Scan the entries for the word "IsCaused" and return every line that has it.

◇ ◇ ◇

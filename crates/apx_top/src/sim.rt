//! A run of a job through the core, on one thread, and what is printed of it.
ghost use Rattle.std.specs.Prelude.{◌≡◌, ◌≤◌, ◌++◌, ◌⊎◌, None, IsTrue, IsErr, IfOk, IfErr, OnOk, MatchResult, length, take, ⊤};
ghost use Rattle.apx_cause.specs.Cause.{Rose};
ghost use Rattle.apx_device.specs.Out.{GotFront};
ghost use Rattle.apx_load.specs.Stops.{IsCaused, no_causes};
ghost use Rattle.apx_pass.specs.Pass.{windows};
ghost use Rattle.apx_pass.specs.Texts.{windows_text};
ghost use Rattle.apx_tally.specs.Report as tally;
ghost use Rattle.apx_top.specs.Changes.{keeper_meaning, vault_meaning, spools_meaning, devices_change, output_change};
ghost use Rattle.apx_top.specs.Left.{left_of};
ghost use Rattle.apx_top.specs.Plain.{IsTold};
ghost use Rattle.apx_top.specs.Run.{HasRun, HasRunAs, HasPrinted, HasReported, IsUnprinted, printing_causes, row_count};
ghost use Rattle.apx_top.specs.Sent.{HasWritten};
ghost use Rattle.apx_top.specs.Way.{in_order};

use crate::ended::{Finished, Outcome, unrun};
use crate::faults::{settle, stop_of_start};
use crate::print::{count_all, print_all};
use crate::write::write_all;
use apx_core::{Devices, RunJournal};
use apx_device::{Keeper, Out, Spool, Spools, Vault};
use apx_job::Job;
use apx_load::Stop;
use apx_sim::simulate;
use apx_tally::report_text;
use std::alloc::{AllocError, Global};
use std::sync::Arc;

/// A job, twice.
pub(crate) fn share(alloc: Global, job: Job) -> Result<(Arc<Job>, Arc<Job>), AllocError>
    ensures { IfOk result (λ both. (both.0.value ≡ job) × (both.1.value ≡ job)) }
{
    let job = Arc::new(alloc, job)?;
    let shared = job.clone()?;
    Ok((job, shared))
}

/// Runs a job over devices, in the order that a number picks, until its run ends or stops.
///
/// No run begins over a store that has more windows than the job. That is no store of the job, and it has no status of its own.
pub(crate) fn run<K: Keeper + Drop, V: Vault + Drop, P: Spools + Drop>(
    alloc: Global,
    job: Arc<Job>,
    order: u64,
    devices: Devices<K, V, P>,
) -> Result<Finished<K, V, P>, Outcome<K, V, P, <P::S as Spool>::Fault>>
    requires sound { IsTrue (K.sound devices.keeper) }
    requires vault_sound { IsTrue (V.sound devices.vault) }
    ensures ran { MatchResult result
        (λ run. HasRunAs {F = P.S.Fault} job.value (in_order order)
        (devices_change (keeper_meaning K.tells K.stored K.last K.faults) (vault_meaning V.tells V.held V.faults)
        (spools_meaning P.S.tells P.faults) devices run.devices) run.journal None)
        (λ outcome. HasRun ⊤ (λ es end. ⊥) job.value (in_order order)
        (devices_change (keeper_meaning K.tells K.stored K.last K.faults) (vault_meaning V.tells V.held V.faults)
        (spools_meaning P.S.tells P.faults) devices outcome.devices) (left_of outcome)) }
    ensures readable { IfOk result (λ run. IsTrue (K.sound run.devices.keeper)) }
    ensures all { IfOk result (λ run. K.last run.devices.keeper ≡ windows job.value.flow) }
{
    if job.windows() < devices.keeper.last() {
        return Err(unrun(devices, Err(Stop::Memory)));
    }
    match simulate(alloc, job, devices, order) {
        Ok(closed) => settle(closed),
        Err((devices, fault)) => Err(unrun(devices, Err(stop_of_start(fault)))),
    }
}

/// Runs a job over devices, in the order that a number picks, and then prints what the sink's store has on `out` and the
/// report on `err`.
pub(crate) fn sim<K: Keeper + Drop, V: Vault + Drop, P: Spools + Drop, O: Out, E: Out>(
    alloc: Global,
    job: Job,
    order: u64,
    devices: Devices<K, V, P>,
    out: &mut O,
    err: &mut E,
) -> Outcome<K, V, P, <P::S as Spool>::Fault>
    requires sound { IsTrue (K.sound devices.keeper) }
    requires vault_sound { IsTrue (V.sound devices.vault) }
    ensures ran { HasRun (IsUnprinted (output_change O.tells O.written O.faults out.old out.new))
        (λ es end. HasPrinted job es
        (devices_change (keeper_meaning K.tells K.stored K.last K.faults) (vault_meaning V.tells V.held V.faults)
        (spools_meaning P.S.tells P.faults) devices result.devices)
        (output_change O.tells O.written O.faults out.old out.new)
        (output_change E.tells E.written E.faults err.old err.new) end)
        job (in_order order)
        (devices_change (keeper_meaning K.tells K.stored K.last K.faults) (vault_meaning V.tells V.held V.faults)
        (spools_meaning P.S.tells P.faults) devices result.devices)
        (left_of result) }
    ensures unsaid { IsTold result.end → err.new ≡ err.old }
{
    let Ok((job, shared)) = share(alloc, job) else {
        return unrun(devices, Err(Stop::Memory));
    };
    match run(alloc, shared, order, devices) {
        Ok(mut run) => {
            let end = print(alloc, &job, &run.journal, &mut run.devices.keeper, out, err);
            run.printed(end)
        }
        Err(outcome) => outcome,
    }
}

/// Runs a job over devices, in the order that a number picks, and then prints the report on `out`.
pub(crate) fn report<K: Keeper + Drop, V: Vault + Drop, P: Spools + Drop, O: Out>(
    alloc: Global,
    job: Job,
    order: u64,
    devices: Devices<K, V, P>,
    out: &mut O,
) -> Outcome<K, V, P, <P::S as Spool>::Fault>
    requires sound { IsTrue (K.sound devices.keeper) }
    requires vault_sound { IsTrue (V.sound devices.vault) }
    ensures { HasRun (IsUnprinted (output_change O.tells O.written O.faults out.old out.new))
        (λ es end. HasReported job es
        (devices_change (keeper_meaning K.tells K.stored K.last K.faults) (vault_meaning V.tells V.held V.faults)
        (spools_meaning P.S.tells P.faults) devices result.devices)
        (output_change O.tells O.written O.faults out.old out.new) end)
        job (in_order order)
        (devices_change (keeper_meaning K.tells K.stored K.last K.faults) (vault_meaning V.tells V.held V.faults)
        (spools_meaning P.S.tells P.faults) devices result.devices)
        (left_of result) }
{
    let Ok((job, shared)) = share(alloc, job) else {
        return unrun(devices, Err(Stop::Memory));
    };
    match run(alloc, shared, order, devices) {
        Ok(mut run) => {
            let end = print_counts(alloc, &job, &run.journal, &mut run.devices.keeper, out);
            run.printed(end)
        }
        Err(outcome) => outcome,
    }
}

/// Prints what a run stored, and then its report.
pub(crate) fn print<K: Keeper, O: Out, E: Out>(
    alloc: Global,
    job: &Job,
    journal: &RunJournal,
    keeper: &mut K,
    out: &mut O,
    err: &mut E,
) -> Result<(), Stop>
    requires sound { IsTrue (K.sound keeper.old) }
    requires all { K.last keeper.old ≡ windows job.now.flow }
    ensures stored { K.stored keeper.new ≡ K.stored keeper.old }
    ensures last { K.last keeper.new ≡ K.last keeper.old }
    ensures later { K.faults keeper.old ≤ K.faults keeper.new }
    ensures rows { OnOk result (IsTrue K.tells → IsTrue O.tells →
        O.written out.new ≡ O.written out.old ++ windows_text job.now.settings.base 1 (K.stored keeper.old)) }
    ensures report { OnOk result (IsTrue K.tells → IsTrue E.tells →
        E.written err.new ≡ E.written err.old ++ tally.report_text (windows job.now.flow) (row_count (K.stored keeper.old)) journal.now) }
    ensures rows_front { IsErr result → IsTrue K.tells → IsTrue O.tells →
        GotFront (windows_text job.now.settings.base 1 (K.stored keeper.old)) (O.written out.old) (O.written out.new) }
    ensures report_front { IsErr result → IsTrue K.tells → IsTrue E.tells →
        GotFront (tally.report_text (windows job.now.flow) (row_count (K.stored keeper.old)) journal.now)
        (E.written err.old) (E.written err.new) }
    ensures unsaid { IsTold result → err.new ≡ err.old }
    ensures stop { IfErr result (IsCaused (printing_causes (Rose (K.faults keeper.old) (K.faults keeper.new))
        (Rose (O.faults out.old) (O.faults out.new) ⊎ Rose (E.faults err.old) (E.faults err.new)))) }
{
    let rows = print_all(alloc, keeper, job.settings().base, job.windows(), out)?;
    print_report(alloc, job, journal, rows, err)
}

/// Counts the rows that a run stored, and prints its report.
fn print_counts<K: Keeper, O: Out>(
    alloc: Global,
    job: &Job,
    journal: &RunJournal,
    keeper: &mut K,
    out: &mut O,
) -> Result<(), Stop>
    requires sound { IsTrue (K.sound keeper.old) }
    requires all { K.last keeper.old ≡ windows job.now.flow }
    ensures stored { K.stored keeper.new ≡ K.stored keeper.old }
    ensures last { K.last keeper.new ≡ K.last keeper.old }
    ensures later { K.faults keeper.old ≤ K.faults keeper.new }
    ensures written { IsTrue K.tells →
        HasWritten O.tells (tally.report_text (windows job.now.flow) (row_count (K.stored keeper.old)) journal.now)
        result (O.written out.old) (O.written out.new) }
    ensures stop { IfErr result (IsCaused
        (printing_causes (Rose (K.faults keeper.old) (K.faults keeper.new)) (Rose (O.faults out.old) (O.faults out.new)))) }
{
    let rows = count_all(alloc, keeper, job.windows())?;
    print_report(alloc, job, journal, rows, out)
}

/// Prints the report of a run that stored so many rows. It is made whole before its first byte is written.
pub(crate) fn print_report<O: Out>(
    alloc: Global,
    job: &Job,
    journal: &RunJournal,
    rows: u64,
    out: &mut O,
) -> Result<(), Stop>
    ensures written { HasWritten O.tells (tally.report_text (windows job.now.flow) rows journal.now) result
        (O.written out.old) (O.written out.new) }
    ensures unsaid { IsTold result → out.new ≡ out.old }
    ensures stop { IfErr result (IsCaused (record no_causes { output = Rose (O.faults out.old) (O.faults out.new) })) }
{
    let mut text = Vec::new(alloc);
    report_text(job, journal.journal(), rows, &mut text)?;
    Ok(write_all(out, &text)?)
}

◇ ◇ ◇

- [Answer area]
ghost use Rattle.apx_load.specs.Stops.{IsCaused, no_causes};
    ensures stop { IfErr result (IsCaused (printing_causes (Rose (K.faults keeper.old) (K.faults keeper.new))
    ensures stop { IfErr result (IsCaused
    ensures stop { IfErr result (IsCaused (record no_causes { output = Rose (O.faults out.old) (O.faults out.new) })) }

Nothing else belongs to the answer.